The central government will launch a campaign covering over 250,000 gram panchayats across the country on October 2.
Christened ‘Sabki Yojana, Sabka Vikas’, the campaign will involve people at the grassroots while preparing structured gram panchayat development plans, along with a thorough audit of the works done in the last few years.
The mega campaign, to start on Mahatma Gandhi's birth anniversary, will be conducted just before the elections in three major Bharatiya Janata Party-ruled states and also before the 2019 general elections.
Under the campaign, which will conclude in December, all gram panchayats in the country will have to put up a notice board detailing the work done by them in the last few years, funds received from various sources, details of their allocation and also what developmental activities it plans to undertake in the 2018-19 financial year.
Gram sabha meetings will be made mandatory where trained assistants related to all 29 sectors assigned to gram panchayats, according to the 11th schedule of the Constitution, will have to be present.
The sectors include agriculture, rural housing, drinking water, poverty alleviation programmes, social welfare, cultural activities, market and fairs, etc.
These assistants, who could be village ‘sakhis’ or Mahatma Gandhi National Rural Employment Guarantee Scheme support staff, will have to explain the work by them under various sectors in the last few years and also their plans for the future with full financial details.
“Gram panchayat development plans have been largely unorganised, but this year onwards the idea is to make them more structured with maximum people participation so that people know what development activities they are entitled to and what has been the progress so far,” a senior government official said.
“If used properly, gram panchayats can become micro-models of development as funds are not a constraint after the 14th Finance Commission devolutions,” the official said.

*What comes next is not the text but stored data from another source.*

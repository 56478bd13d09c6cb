//! Laws of named trees. None of these functions does anything: the contract is the law. `kept`: where a raw tree keeps
//! `RawIsWellFormed` of `bl_parse_tree` and no rule on names fails, the program with positions in place of names keeps what a named tree
//! keeps (`specs/WellFormed.antt`, `NamedIsWellFormed`). Its names are names and differ, no part is empty that the grammar wants filled,
//! nothing is nested too deep, and what a branch declares is named in no other branch (`specs/Apart.antt`). `bound`: where
//! no rule on names fails, each position is that of the declaration to which its use is bound (`Binds` of `bl_names_scopes`).
//! The uses of the raw tree, and what the positions lead to (`specs/Referents.antt`), stand one for one in two lists, over all
//! kinds of uses (`specs/Bound.antt`, `UsesAreBound`).
#![tactic(auto)]

pub mod bound;
pub mod kept;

After FFC recommendations are implemented, an average big-sized gram panchayat will have an annual budget of close to Rs 50 million.
“If this is judiciously used, a lot of good tangible development work can be done,” the official added.
The development plan of each gram panchayat will have to be shared with the Centre after the campaign is over.
Letters are being sent to all state chief secretaries and others to kick-start the programme.
The programme comes months after the Centre concluded an intensive Gram Swaraj Abhiyan in two phases to ensure universal coverage and 100 per cent penetration of seven major schemes -- Pradhan Mantri Ujjawala Yojana (for gas connections), Saubhagya (household electricity connections), Ujala (distribution of LED bulbs), Pradhan Mantri Jan Dhan Yojana (no-frill bank accounts), Pradhan Mantri Jeevan Jyoti Yojana (life insurance cover), Pradhan Mantri Suraksha Bima Yojana (insurance scheme) and Mission Indradhanush (immunisation programme).
The programme was carried out in about 64,000 villages in two phases starting in April this year.
Of these, priority was given to those villages with higher SC/ST population and 117 identified aspirational districts which are at the bottom of the social and economic indicators.
Government officials claim that during the two-phased campaign, among other things, about 4.77 million new LPG gas connections were given, 3 million household electricity connections were given, 6.5 5 million LED bulbs were distributed, 7.35 million new Jan Dhan accounts were opened, about 5.04 million beneficiaries were enrolled in life insurance schemes.